- The Washington Times - Wednesday, June 8, 2005


In what may be his last term, Chief Justice William H. Rehnquist’s legacy of limiting the federal government’s reach has been tarnished as the states’ rights coalition he nurtured for more than a decade splinters on some major issues.

The latest example is the Supreme Court decision that a federal marijuana ban trumps state laws legalizing the drug for the seriously ill.

Chief Justice Rehnquist also was on the losing side this year in cases that struck down state laws on wine purchases and that declared it unconstitutional for states to execute juvenile killers.

“In case after case after case in recent years, the strong federalist position doesn’t seem to be winning out,” said Richard Garnett, a former Rehnquist clerk who teaches at Notre Dame Law School.

The chief justice has been the leader of the “federalist five,” the five conservatives who generally support states’ rights and advocate limited federal government interference.

Those five — Chief Justice Rehnquist and Justices Sandra Day O’Connor, Antonin Scalia, Anthony M. Kennedy and Clarence Thomas — have voted together to strike down federal laws intended to protect female victims of violent crimes and to keep guns away from schools.
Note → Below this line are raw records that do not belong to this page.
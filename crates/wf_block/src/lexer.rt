//! Cuts a text into tokens.

ghost use Rattle.std.specs.Prelude.{◌≡◌, ℕ, ◌<◌, ◌≤◌, ◌∷◌, [], true, false, length, Some, None, IfOk, IfSome, IfNone, OnSome};
ghost use Rattle.std.specs.List.{prefix_len};
ghost use Rattle.wf_block.specs.Token.{is_white, is_quote, is_hash, ends_line, is_slash, is_star, is_plain, opens_list, closes_list, Between, LineComment, BlockComment, InWord, InString, InList, tokens_from, tokens, without_mark, token_values};
ghost use Rattle.wf_text.specs.Text.{is_text};
ghost use Rattle.wf_text.specs.ValueList.{is_value_list};
ghost use Rattle.wf_block.specs.Lexeme.{tokens_by, IsNearEnd, begins, ends_word, goes_on, opens_comment, stays_in_list};

use crate::lexeme::Lexeme;
use crate::token::{LexFault, LexFaultKind, Token, TokenKind, Tokens};
use std::alloc::{AllocError, Global};
use wf_text::{MOST_TEXT_BYTES, check_list, check_text, is_text_character};

/// U+FEFF in UTF-8.
const BYTE_ORDER_MARK: [u8; 3] = [0xEF, 0xBB, 0xBF];

/// Each byte of a word at its own index, and a `#` at every other index.
static WORD_BYTES: [u8; 256] = *b"\
    ################################\
    #!##$%&###*+,-./0123456789:;<=>?\
    @ABCDEFGHIJKLMNOPQRSTUVWXYZ###^_\
    `abcdefghijklmnopqrstuvwxyz#|#~#\
    ################################\
    ################################\
    ################################\
    ################################";

#[tactic(auto, unfolding(crate::specs::Token::is_white))]
fn is_white(byte: u8) -> bool
    ensures { result ≡ is_white byte }
{
    matches!(byte, b' ' | b'\t' | b'\r' | b'\n')
}

#[tactic(auto, unfolding(crate::specs::Token::is_quote))]
fn is_quote(byte: u8) -> bool
    ensures { result ≡ is_quote byte }
{
    byte == b'"' || byte == b'\''
}

#[tactic(auto, unfolding(crate::specs::Token::is_hash))]
fn is_hash(byte: u8) -> bool
    ensures { result ≡ is_hash byte }
{
    byte == b'#'
}

#[tactic(auto, unfolding(crate::specs::Token::ends_line))]
fn ends_line(byte: u8) -> bool
    ensures { result ≡ ends_line byte }
{
    byte == b'\n'
}

#[tactic(auto, unfolding(crate::specs::Token::is_slash))]
pub fn is_slash(byte: u8) -> bool
    ensures { result ≡ is_slash byte }
{
    byte == b'/'
}

#[tactic(auto, unfolding(crate::specs::Token::is_star))]
fn is_star(byte: u8) -> bool
    ensures { result ≡ is_star byte }
{
    byte == b'*'
}

#[tactic(auto, unfolding(crate::specs::Token::opens_list))]
fn opens_list(byte: u8) -> bool
    ensures { result ≡ opens_list byte }
{
    byte == b'{'
}

#[tactic(auto, unfolding(crate::specs::Token::closes_list))]
fn closes_list(byte: u8) -> bool
    ensures { result ≡ closes_list byte }
{
    byte == b'}'
}

/// Whether the byte may stand in a word.
fn is_plain(byte: u8) -> bool
    ensures { result ≡ is_plain byte }
{
    WORD_BYTES[byte as usize] != b'#'
}

/// The number of bytes of the word at the front.
fn word_length(bytes: &[u8]) -> usize
    ensures length { result ≡ prefix_len is_plain bytes.now }
    ensures within { result ≤ length bytes.now }
{
    bytes.iter().take_while(|byte| is_plain(**byte)).count()
}

/// The number of bytes before the next quote of this kind, or of all bytes if there is none.
fn string_length(bytes: &[u8], quote: u8) -> usize
    ensures length { result ≡ prefix_len (goes_on quote) bytes.now }
    ensures within { result ≤ length bytes.now }
{
    bytes.iter().take_while(|byte| **byte != quote).count()
}

/// The number of bytes before the next closing brace, or of all bytes if there is none.
fn list_length(bytes: &[u8]) -> usize
    ensures length { result ≡ prefix_len stays_in_list bytes.now }
    ensures within { result ≤ length bytes.now }
{
    bytes.iter().take_while(|byte| !closes_list(**byte)).count()
}

/// Whether a word may end before these bytes.
#[tactic(auto, using(crate::proofs::TokenLemmas::empty), unfolding(crate::specs::Lexeme::ends_word))]
fn ends_word(bytes: &[u8]) -> bool
    ensures { result ≡ ends_word bytes.now }
{
    match bytes.split_first() {
        None => true,
        Some((byte, _)) => is_white(*byte) || is_hash(*byte) || is_quote(*byte),
    }
}

/// What follows the line that these bytes continue.
#[tactic(auto, using(crate::proofs::TokenLemmas::line_steps))]
fn after_line(bytes: &[u8]) -> &[u8]
    ensures tokens { tokens_from Between result.now ≡ tokens_from LineComment bytes.now }
    ensures within { length result.now ≤ length bytes.now }
{
    let mut rest = bytes;
    while let Some((byte, after)) = rest.split_first() {
        if ends_line(*byte) {
            return after;
        }
        rest = after;
    }
    rest
}

/// What follows a `/`, if it is at the front.
fn after_slash(bytes: &[u8]) -> Option<&[u8]>
    ensures found { IfSome result
        (λ after. (byte : ℕ) × (is_slash byte ≡ true) × (bytes.now ≡ byte ∷ after.now)) }
    ensures absent { IfNone result (begins is_slash bytes.now ≡ false) }
{
    match bytes.split_first() {
        Some((byte, after)) if is_slash(*byte) => Some(after),
        _ => None,
    }
}

/// What follows the block comment that these bytes continue, if it ends.
#[tactic(auto, using(crate::proofs::TokenLemmas::block_steps))]
fn after_comment(bytes: &[u8]) -> Option<&[u8]>
    ensures closed { IfSome result
        (λ after. tokens_from Between after.now ≡ tokens_from BlockComment bytes.now) }
    ensures within { IfSome result (λ after. length after.now ≤ length bytes.now) }
    ensures open { IfNone result (tokens_from BlockComment bytes.now ≡ None) }
{
    let mut rest = bytes;
    while let Some((byte, after)) = rest.split_first() {
        if is_star(*byte) {
            if let Some(behind) = after_slash(after) {
                return Some(behind);
            }
        }
        rest = after;
    }
    None
}

/// The word at the front; the first byte is one of a word.
#[tactic(auto, using(crate::proofs::TokenLemmas::word_steps))]
fn word(bytes: &[u8]) -> Lexeme<'_>
    requires { begins is_plain bytes.now ≡ true }
    ensures tokens { tokens_by result ≡ tokens_from (InWord []) bytes.now }
    ensures within { IsNearEnd (length bytes.now) result }
{
    let (text, after) = bytes.split_at(word_length(bytes));
    if ends_word(after) {
        Lexeme::Found {
            kind: TokenKind::Word,
            text,
            after,
        }
    } else {
        Lexeme::Fault {
            kind: LexFaultKind::BadToken,
            at: after,
        }
    }
}

/// Whether the bytes are a text.
fn is_text(bytes: &[u8]) -> bool
    ensures { result ≡ is_text bytes.now }
{
    check_text(bytes).is_ok()
}

/// Whether the bytes are the inside of a list.
fn is_value_list(bytes: &[u8]) -> bool
    ensures { result ≡ is_value_list bytes.now }
{
    check_list(bytes).is_some()
}

/// Whether a string, or a list, may contain the character.
fn may_stand(kind: TokenKind, character: char) -> bool {
    match kind {
        TokenKind::Braced => is_text_character(character)
            && !matches!(character, '{' | '\n' | '\r'),
        _ => is_text_character(character),
    }
}

/// The byte offset of the first character that no string, or no list, may contain.
fn first_forbidden(kind: TokenKind, text: &[u8]) -> Option<usize>
    ensures { IfSome result (λ offset. offset < length text.now) }
{
    let text = str::from_utf8(text).ok()?;
    for (offset, character) in text.char_indices() {
        if !may_stand(kind, character) {
            return Some(offset);
        }
    }
    None
}

/// The error of a string or a list that begins at `opening`, whose bytes are the first `count` of
/// `inside`: a character that it may not contain, else its length, else a missing closing quote or
/// brace.
fn refused<'a>(
    kind: TokenKind,
    opening: &'a [u8],
    inside: &'a [u8],
    count: usize,
    is_closed: bool,
) -> Lexeme<'a>
    requires text { count ≤ length inside.now }
    requires inside { length inside.now ≤ length opening.now }
    ensures tokens { tokens_by result ≡ None }
    ensures within { IsNearEnd (length opening.now) result }
{
    match first_forbidden(kind, &inside[..count]) {
        Some(offset) => Lexeme::Fault {
            kind: LexFaultKind::BadToken,
            at: &inside[offset..],
        },
        None if is_closed && count > MOST_TEXT_BYTES => Lexeme::Fault {
            kind: LexFaultKind::OutOfRange,
            at: opening,
        },
        None => Lexeme::Fault {
            kind: LexFaultKind::BadToken,
            at: opening,
        },
    }
}

/// The string in this quote that begins at `opening`, whose bytes begin at `inside`.
#[tactic(auto, using(crate::proofs::TokenLemmas::string_steps))]
fn string<'a>(opening: &'a [u8], quote: u8, inside: &'a [u8]) -> Lexeme<'a>
    requires { opening.now ≡ quote ∷ inside.now }
    ensures tokens { tokens_by result ≡ tokens_from (InString quote []) inside.now }
    ensures within { IsNearEnd (length opening.now) result }
{
    let count = string_length(inside, quote);
    let (text, rest) = inside.split_at(count);
    match rest.split_first() {
        Some((_, after)) if is_text(text) => Lexeme::Found {
            kind: TokenKind::Quoted,
            text,
            after,
        },
        Some(_) => refused(TokenKind::Quoted, opening, inside, count, true),
        None => refused(TokenKind::Quoted, opening, inside, count, false),
    }
}

/// The list that begins at `opening`, whose bytes begin at `inside`.
#[tactic(auto, using(crate::proofs::TokenLemmas::list_steps))]
fn list<'a>(opening: &'a [u8], inside: &'a [u8]) -> Lexeme<'a>
    requires { length inside.now < length opening.now }
    ensures tokens { tokens_by result ≡ tokens_from (InList []) inside.now }
    ensures within { IsNearEnd (length opening.now) result }
{
    let count = list_length(inside);
    let (text, rest) = inside.split_at(count);
    match rest.split_first() {
        Some((_, after)) if is_value_list(text) => Lexeme::Found {
            kind: TokenKind::Braced,
            text,
            after,
        },
        Some(_) => refused(TokenKind::Braced, opening, inside, count, true),
        None => refused(TokenKind::Braced, opening, inside, count, false),
    }
}

/// What follows `/*`, if that is at the front.
#[tactic(auto, using(crate::proofs::TokenLemmas::comment_steps), unfolding(crate::specs::Lexeme::opens_comment))]
fn comment_inside(bytes: &[u8]) -> Option<&[u8]>
    ensures tokens { IfSome result
        (λ inside. tokens_from BlockComment inside.now ≡ tokens_from Between bytes.now) }
    ensures within { IfSome result (λ inside. length inside.now < length bytes.now) }
    ensures absent { IfNone result (opens_comment bytes.now ≡ false) }
{
    let after = after_slash(bytes)?;
    match after.split_first() {
        Some((byte, inside)) if is_star(*byte) => Some(inside),
        _ => None,
    }
}

/// The block comment that begins at `opening`, whose bytes begin at `inside`.
fn block_comment<'a>(opening: &'a [u8], inside: &'a [u8]) -> Lexeme<'a>
    requires { length inside.now < length opening.now }
    ensures tokens { tokens_by result ≡ tokens_from BlockComment inside.now }
    ensures within { IsNearEnd (length opening.now) result }
{
    match after_comment(inside) {
        Some(after) => Lexeme::Gap { after },
        None => Lexeme::Fault {
            kind: LexFaultKind::BadToken,
            at: opening,
        },
    }
}

/// What is at the front of a text, between tokens.
#[tactic(auto, using(crate::proofs::TokenLemmas::between_steps), unfolding(crate::specs::Lexeme::opens_comment))]
fn lexeme(bytes: &[u8]) -> Lexeme<'_>
    ensures tokens { tokens_by result ≡ tokens_from Between bytes.now }
    ensures within { IsNearEnd (length bytes.now) result }
{
    let Some((byte, after)) = bytes.split_first() else {
        return Lexeme::End;
    };
    if is_white(*byte) {
        Lexeme::Gap { after }
    } else if is_hash(*byte) {
        Lexeme::Gap {
            after: after_line(after),
        }
    } else if is_quote(*byte) {
        string(bytes, *byte, after)
    } else if let Some(inside) = comment_inside(bytes) {
        block_comment(bytes, inside)
    } else if is_plain(*byte) {
        word(bytes)
    } else if opens_list(*byte) {
        list(bytes, after)
    } else {
        Lexeme::Fault {
            kind: LexFaultKind::BadToken,
            at: bytes,
        }
    }
}

/// The text without a leading byte order mark.
#[tactic(auto, unfolding(crate::specs::Token::without_mark))]
fn without_mark(bytes: &[u8]) -> &[u8]
    ensures text { result.now ≡ without_mark bytes.now }
    ensures within { length result.now ≤ length bytes.now }
{
    bytes.strip_prefix(&BYTE_ORDER_MARK).unwrap_or(bytes)
}

/// The tokens of a text up to its end or its first error. Byte offsets count from the front of the
/// bytes given, including a byte order mark.
#[tactic(auto, using(crate::proofs::TokenLemmas::token_list), unfolding(crate::specs::Token::tokens))]
pub fn tokenize<'a>(alloc: Global, bytes: &'a [u8]) -> Result<Tokens<'a>, AllocError>
    ensures lexed { IfOk result
        (λ lexed. IfNone lexed.fault (tokens bytes.now ≡ Some (token_values lexed.tokens.items))) }
    ensures refused { IfOk result (λ lexed. OnSome lexed.fault (tokens bytes.now ≡ None)) }
{
    let mut tokens = Vec::new(alloc);
    let mut rest = without_mark(bytes);
    loop {
        match lexeme(rest) {
            Lexeme::Gap { after } => rest = after,
            Lexeme::Found { kind, text, after } => {
                let byte_offset = bytes.len() - rest.len();
                tokens.push(Token {
                    kind,
                    byte_offset,
                    text,
                })?;
                rest = after;
            }
            Lexeme::End => {
                return Ok(Tokens {
                    tokens,
                    fault: None,
                });
            }
            Lexeme::Fault { kind, at } => {
                let byte_offset = bytes.len() - at.len();
                return Ok(Tokens {
                    tokens,
                    fault: Some(LexFault { kind, byte_offset }),
                });
            }
        }
    }
}
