//! A script of `wf_script` is played on a farm of nodes in memory.
//!
//! A [`Session`] is the farm on which a script is played, order by order. [`run_script`] reads and
//! plays a script over any reader and writer.
//!
//! Messages come to their nodes by a carrier of `wf_farm`, or are copied to them
//! (`wf_farm::Copies`).
//!
//! Contracts see a session as its script and its farm.
//!
//! [`Session::perform`]:
//! - The order changes the farm as the model says, whatever the carrier. A step, a stop, a restart
//!   or a crash within a step is one event; deliveries are one event each, in turn; a pump is the
//!   farm's pump; `skip`, questions and messages that are cut off leave the world as it is.
//! - Its output is the rejection of an event or the answer to a question (`Writes` of
//!   `specs/Report.antt`).
//! - Its errors are allocation failure, at exactly the order's line, and a message that the carrier
//!   doesn't bring. That comes only of an order that carries messages, and never of a faithful
//!   carrier. No other order uses the carrier.
//! - Whatever the order and the result, the farm has made some events of the model, no node's list
//!   lost a map, and the nodes agree. The theorems beneath agreement hold too: ballots belong to
//!   their nodes, promises are kept, and each Accept has a majority of promises for it.
//!
//! [`Session::differ`]: two running nodes never publish different maps under one sequence.
//! [`Session::equal`]: two nodes at one sequence, or asked for one map, answer a client equally.
//!
//! [`run_script`]:
//! - It returns a read error only where a read failed, and a write error exactly where a write
//!   failed.
//! - Where it returns an error of the script other than allocation failure, nothing is written, and
//!   the error is the input's own.
//! - Where an allocation fails at an order, the error names its line, and what the orders before it
//!   write is written, as where a message isn't carried; where a write fails, that is written, and
//!   a beginning of what one order more writes (`WritesBeginning` of `specs/PlayEnd.antt`).
//! - After Ok the whole input is a script, each of its orders was performed in turn on a new farm,
//!   and exactly their output was written (`PlaysInput` of `specs/ScriptRun.antt`).
#![tactic(auto)]

mod answer;
mod event;
mod fault;
mod message_orders;
mod request;
mod run;
mod session;
mod theorem;

pub use fault::PlayFault;
pub use run::run_script;
pub use session::Session;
Their reasoning is that those issues are better dealt with at the local level.

Justices Scalia and Kennedy parted ways with the five in Monday’s ruling giving federal authorities the power to punish sick people who smoke marijuana to ease pain, even if they live in states with “medical marijuana” laws.
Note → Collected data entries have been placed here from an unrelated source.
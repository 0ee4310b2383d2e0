//! The agreement theorems for the program's definitions.

ghost use Rattle.std.specs.Prelude.{◌≡◌};
ghost use Rattle.wf_def.specs.Definition.{Definition};
ghost use Rattle.wf_safety.specs.Theorems.{Agreement, KeptPromises, OwnBallots, PromisedMajority};
ghost use Rattle.wf_model.specs.Table.{most_reports};
ghost use Rattle.wf_delivery.specs.Outcome.{StepIsAnswered};

use crate::delivery::MOST_OUTPUTS;
use wf_codec::Canon;
use wf_tape::Tape;

/// A node that is asked for a step, whatever the input, halts, rejects it, makes its transition,
/// fails with its tape, or loses it for want of memory; and sends what it returned. A theorem: the
/// call does nothing.
pub fn a_step_is_answered<T: Tape>()
    ensures { StepIsAnswered T.Tape }
{}

/// The limits in the code equal those in the specifications.
pub fn limits_are_as_defined()
    ensures outputs { MOST_OUTPUTS ≡ most_reports }
{}

/// A ballot is used only by proposals of its own node, at a round that the node stored before.
/// Promises are requested at it from one sequence on, and votes for one definition at each
/// sequence, even after a restart that lost the proposal.
pub fn own_ballots()
    ensures { OwnBallots Definition }
{
    wf_safety::own_ballots::<Canon>();
}

/// A node keeps its promises: its promise never decreases, it sends no vote below it at any
/// sequence, and for each vote that it stored or reported an Accept was sent.
pub fn kept_promises()
    ensures { KeptPromises Definition }
{
    wf_safety::kept_promises::<Canon>();
}

/// Each Accept is backed by a majority of promises, made from its sequence or one of the three
/// before it on, and carries the highest vote that they reported for its sequence. So each Accept
/// at a ballot above one at which a definition was chosen carries that definition.
pub fn promised_majority()
    ensures { PromisedMajority Definition }
{
    wf_safety::promised_majority::<Canon>();
}

/// At most one definition is chosen for a sequence; whatever is published or sent as Chosen is
/// chosen; so nodes that both published a sequence have the same definition there; and lists only
/// grow.
pub fn agreement()
    ensures { Agreement Definition }
{
    wf_safety::agreement::<Canon>();
}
Chief Justice Rehnquist and Justices O’Connor and Thomas warned that the court was inviting Congress to pass intrusive laws.

A ruling for California in the marijuana case would have sealed the chief justice’s states’ rights legacy. But that was not expected, in part because the politics of the medical-marijuana issue made it tougher for the five justices to stay together.

“So far, he has been able to get five votes for very small, more or less symbolic restraints on Congress,” Nelson Lund, a law professor at George Mason University, said of Chief Justice Rehnquist. “It’s what I call fig-leaf federalism.”

Thomas Goldstein, a Washington lawyer who specializes in the Supreme Court, said: “It’s not for lack of leadership. Instead, a majority of the court simply isn’t as conservative yet as the chief justice.”

The four justices who compose the court’s more liberal wing — John Paul Stevens, David H. Souter, Ruth Bader Ginsburg and Stephen G. Breyer — consistently vote together in cases that test the federal government’s power.

They were united on Monday in another decision that Chief Justice Rehnquist disagreed with, a ruling siding with the federal government in a dispute over ownership of submerged lands in Glacier Bay National Park. Chief Justice Rehnquist and Justices Scalia and Thomas filed a partial dissent supporting Alaska.